ジョブスに見る「組織の顔」としての経営者

次に組織外部に対するものです。これは組織の「顔」としての経営者の信用力をいかに高めるか、その点に尽きるでしょう。決して経営者に「目立ちなさい」とか「スタンドプレイをしなさい」と言っているのではなく、会社組織のトップたる経営者は嫌が上にも目につくものであり、目につくが故経営者には対外的にしっかりと信頼感を感じさせる言動に務めて欲しいということになります。

解説

経営者は組織外部に対しては「顔」となる

これは大企業に限った話ではありません。むしろ中小企業ほど重要なことでもあるのです。例えば銀行が融資の可否を審査する場合を考えてみてください。決算書はあくまで過去の成績の記録にすぎません。確かに参考にはなりますが、銀行員がおカネを貸して返ってくるか否か最終的な判断のよりどころは、将来を担う経営者の人物評価に帰結するのです。いくら決算内容が良くても、経営者が人物的に危ういなら銀行は決して長期の融資を応諾しないでしょう。中小企業同士の新規の商取引における取引の可否判断にも、同じことが言えると思います。

大企業の場合には、経営者の積極的かつ的確な露出が広告塔的な役割を果たすことでその企業の信頼感をさらに高めケースもあります。「プレゼンの神様」と言われたアップル・コンピュータの故スティーブ・ジョブズ氏は、企業ブランドを高めた経営者のパフォーマンスとして世界で最も成功した例としてあげられるでしょう。

逆にトップが関与する不祥事の発生は、「顔」であるが故、他の不祥事に比べてより大きなイメージダウンにもつながります。
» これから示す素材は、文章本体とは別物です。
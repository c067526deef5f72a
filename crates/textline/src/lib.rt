#![tactic(auto)]
//! What the programs that read a language line by line have in common.
//!
//! `lines` fetches the lines of a reader, each with its number, and hands on what was printed before it may wait for more;
//! `words` takes a line apart into words, and says which number or which bytes a word is; `print` prints an answer on a line of
//! its own; `stop` says why a run ends early, and with which status. `find` looks for a byte.
//!
//! A clause says of each line and each word which one it is, and of a word that is refused that it is no number or no bytes; and
//! of a line whose printing failed that a beginning of it was written.
//!
//! Floor: programs.

pub mod find;
pub mod lines;
pub mod print;
pub mod stop;
pub mod words;

pub use lines::{Fetched, Lines, is_blank};
pub use print::{Printer, flush, print_line};
pub use stop::Stop;
pub use words::{Fault, Words, numbers};
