//! What is printed, line by line.

ghost use Rattle.std.specs.Prelude.{◌≡◌, ◌≤◌, IfErr, IfOk, IfSome, IsOkUnless, length};
ghost use Rattle.std.specs.Io.KnownBytes.{Keeps, WriteAppends};
ghost use Rattle.textline.specs.Prints.{IsPrintFault, Writes, ended};

use crate::stop::Stop;
use std::alloc::Global;
use std::fmt::Display;
use std::io::{ErrorKind, Write};

/// A writer that lines are printed to.
#[derive(Drop)]
pub struct Printer<W> {
    pub writer: W,
    /// The line that is printed. The next one takes its room.
    line: Vec<u8>,
}

impl<W: Write> Printer<W> {
    pub fn new(alloc: Global, writer: W) -> Printer<W>
        ensures { result.writer ≡ writer }
    {
        Printer {
            writer,
            line: Vec::new(alloc),
        }
    }
}

/// Prints one line. It is formatted as a whole before any of it is written.
pub fn print_line<W: Write, D: Display + Drop>(out: &mut Printer<W>, answer: D) -> Result<(), Stop>
    ensures fault { IfErr result IsPrintFault }
    ensures printed { IfSome (D.output answer) (λ text. Writes result (ended text) (W.contents out.old.writer) (W.contents out.new.writer)) }
{
    out.line.clear();
    if out.line.writeln(answer).is_err() {
        return Err(Stop::Memory);
    }
    write_text(&mut out.writer, out.line.as_slice())
}

/// Writes all of the bytes. `write_all` does so too, and does not tell how many it wrote where it fails.
#[tactic(auto, using(crate::proofs::PrintLemmas::part_is_whole))]
fn write_text<W: Write>(out: &mut W, text: &[u8]) -> Result<(), Stop>
    ensures fault { IsOkUnless result Stop.Output }
    ensures written { Writes result text.now (W.contents out.old) (W.contents out.new) }
{
    let mut done = 0;
    'writes: for _ in 0..u64::MAX {
        if done == text.len() {
            return Ok(());
        }
        done += write_part(out, &text[done..])?;
    }
    Err(Stop::Output)
}

/// Writes the first of the bytes, or none where the write was interrupted, and tells how many.
fn write_part<W: Write>(out: &mut W, text: &[u8]) -> Result<usize, Stop>
    ensures within { IfOk result (λ n. n ≤ length text.now) }
    ensures fault { IsOkUnless result Stop.Output }
    ensures written { WriteAppends (W.contents out.old) (W.contents out.new) result text.now }
{
    match out.write(text) {
        Ok(0) => Err(Stop::Output),
        Ok(count) => Ok(count),
        Err(error) => match error.kind() {
            ErrorKind::Interrupted => Ok(0),
            _ => Err(Stop::Output),
        },
    }
}

/// Hands on what was printed.
pub fn flush<W: Write>(out: &mut W) -> Result<(), Stop>
    ensures kept { Keeps (W.contents out.old) (W.contents out.new) }
    ensures fault { IsOkUnless result Stop.Output }
{
    out.flush().map_err(|_| Stop::Output)
}
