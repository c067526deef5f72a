//! The words of a line, and what each stands for.

ghost use Rattle.std.specs.Prelude.{◌≡◌, ◌∷◌, [], ℕ, List, IfOk, IfSome, IfNone, None, MatchOption, IsOk, IsOkUnless, OnErr, ◌↔◌};
ghost use Rattle.std.specs.Str.{IsUtf8};
ghost use Rattle.std.specs.Str.Parse.{digits_value, without_leading_plus};
ghost use Rattle.textline.specs.Words.{words_of, AreNumbers, First, IsNumber, bytes_of, has_sign_or_leading_zero, IsParse};

use crate::find::split_at_byte;
use hex::FromHexError;
use pc_types::Bytes;
use std::alloc::{AllocError, Global};
use std::marker::Model;

/// Why a word or a line was not taken.
#[derive(Clone, Copy, PartialEq, Eq, Debug)]
pub enum Fault {
    Malformed,
    Memory,
}

/// The number that a word is: decimal digits with no leading zero, below 2^64.
pub fn number(word: &[u8]) -> Option<u64>
    ensures value { IfSome result (IsNumber word.now) }
    ensures none { IfNone result ((n : ℕ) → ¬ (IsNumber word.now n)) }
{
    if has_sign_or_leading_zero(word) {
        return None;
    }
    parsed(word)
}

/// Whether the word begins with a plus, or with a zero before another byte. A parse takes both.
fn has_sign_or_leading_zero(word: &[u8]) -> bool
    ensures { result ≡ has_sign_or_leading_zero word.now }
{
    match word.first() {
        Some(b'+') => true,
        Some(b'0') => word.len() > 1,
        _ => false,
    }
}

fn parsed(word: &[u8]) -> Option<u64>
    ensures some { IfSome result (λ n. IsParse word.now × (n ≡ digits_value 10 (without_leading_plus word.now))) }
    ensures none { IfNone result (IsUtf8 word.now → ¬ (IsParse word.now)) }
{
    std::str::from_utf8(word).ok()?.parse().ok()
}

/// The bytes that a word is: two hexadecimal digits of either case for each byte, or `-` for none.
pub fn bytes(alloc: Global, word: &[u8]) -> Result<Bytes, Fault>
    ensures value { IfOk result (λ b. bytes_of word.now ≡ Some b) }
    ensures malformed { result ≡ Err Fault.Malformed → bytes_of word.now ≡ None }
{
    if word == b"-".as_slice() {
        return Ok(Bytes::from_vec(Vec::new(alloc)));
    }
    if word.is_empty() {
        return Err(Fault::Malformed);
    }
    match hex::decode(alloc, word) {
        Ok(bytes) => Ok(Bytes::from_vec(bytes)),
        Err(FromHexError::OutOfMemory) => Err(Fault::Memory),
        Err(_) => Err(Fault::Malformed),
    }
}

/// The words of a line that are not taken yet. Two spaces in a row have an empty word between them.
#[derive(Drop)]
pub struct Words<'a> {
    rest: Option<&'a [u8]>,
}

impl<'a> Model for Words<'a> {
    ghost use Rattle.std.specs.Prelude.{List, ℕ};
    ghost use Rattle.textline.specs.Words.{words_left};

    ghost Value = { List (List ℕ) };

    ghost view = { λ w. words_left w.rest };
}

impl<'a> Words<'a> {
    pub fn new(line: &'a [u8]) -> Words<'a>
        ensures { result ≡ words_of line.now }
    {
        Words { rest: Some(line) }
    }

    /// The next word, where there is one.
    pub fn word(&mut self) -> Option<&'a [u8]>
        ensures { MatchOption result (self.old ≡ []) (λ word. self.old ≡ word.now ∷ self.new) }
    {
        let rest = self.rest?;
        match split_at_byte(rest, b' ') {
            Some((word, rest)) => {
                self.rest = Some(rest);
                Some(word)
            }
            None => {
                self.rest = None;
                Some(rest)
            }
        }
    }

    /// The next word's number.
    pub fn number(&mut self) -> Result<u64, Fault>
        ensures ok { IfOk result (λ n. First (λ word. IsNumber word n) self.old self.new) }
        ensures none { OnErr result ((n : ℕ) (rest : List (List ℕ)) → ¬ (First (λ word. IsNumber word n) self.old rest)) }
        ensures malformed { IsOkUnless result Fault.Malformed }
    {
        let word = self.word().ok_or(Fault::Malformed)?;
        number(word).ok_or(Fault::Malformed)
    }

    /// The next word's bytes.
    pub fn bytes(&mut self, alloc: Global) -> Result<Bytes, Fault>
        ensures ok { IfOk result (λ b. First (λ word. bytes_of word ≡ Some b) self.old self.new) }
        ensures malformed { result ≡ Err Fault.Malformed → (b : List ℕ) (rest : List (List ℕ)) → ¬ (First (λ word. bytes_of word ≡ Some b) self.old rest) }
    {
        let word = self.word().ok_or(Fault::Malformed)?;
        bytes(alloc, word)
    }

    /// Whether every word was taken.
    pub fn end(&self) -> Result<(), Fault>
        ensures ended { IsOk result ↔ (self.now ≡ []) }
        ensures malformed { IsOkUnless result Fault.Malformed }
    {
        match self.rest {
            None => Ok(()),
            Some(_) => Err(Fault::Malformed),
        }
    }
}

/// The numbers that the words are, where each of them is one.
pub fn numbers(alloc: Global, words: &mut Words<'_>) -> Result<Option<Vec<u64>>, AllocError>
    ensures { IfOk result (λ r. MatchOption r ((numbers : List ℕ) → ¬ (AreNumbers words.old numbers)) (λ numbers. AreNumbers words.old numbers.items)) }
{
    let mut numbers = Vec::new(alloc);
    while let Some(word) = words.word() {
        let Some(number) = number(word) else {
            return Ok(None);
        };
        numbers.push(number)?;
    }
    Ok(Some(numbers))
}
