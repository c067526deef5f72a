//! Where a byte stands.

ghost use Rattle.std.specs.Prelude.{◌≡◌, ◌==◌, ◌≢◌, MatchOption, None, position};
ghost use Rattle.std.specs.List.{after_first, before_first};

/// The index of the first such byte.
pub fn find_byte(bytes: &[u8], byte: u8) -> Option<usize>
    ensures { result ≡ position (λ b. b == byte) bytes.now }
{
    bytes.iter().position(|b| *b == byte)
}

/// What stands before the first such byte, and what stands after it.
pub fn split_at_byte(bytes: &[u8], byte: u8) -> Option<(&[u8], &[u8])>
    ensures { MatchOption result (position (λ b. b == byte) bytes.now ≡ None) (λ parts. (position (λ b. b == byte) bytes.now ≢ None) × (parts.0.now ≡ before_first (λ b. b == byte) bytes.now) × (parts.1.now ≡ after_first (λ b. b == byte) bytes.now)) }
{
    let at = find_byte(bytes, byte)?;
    Some((&bytes[..at], &bytes[at + 1..]))
}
古くは前回も登場した岡田社長事件後の三越が宮内庁御用達を外された件がそれであり、最近では元トップが逮捕されたオリンパス事件で同社が存亡を賭けソニーとの提携を余儀なくされた件もまた同じです。

経営トップたるものは単なる組織の長ではなく、組織内に対しては「精神」としての役割を担い、組織外に対しては「顔」としての役割を担っていることを、常に意識した行動を心掛けなくてはならないのです。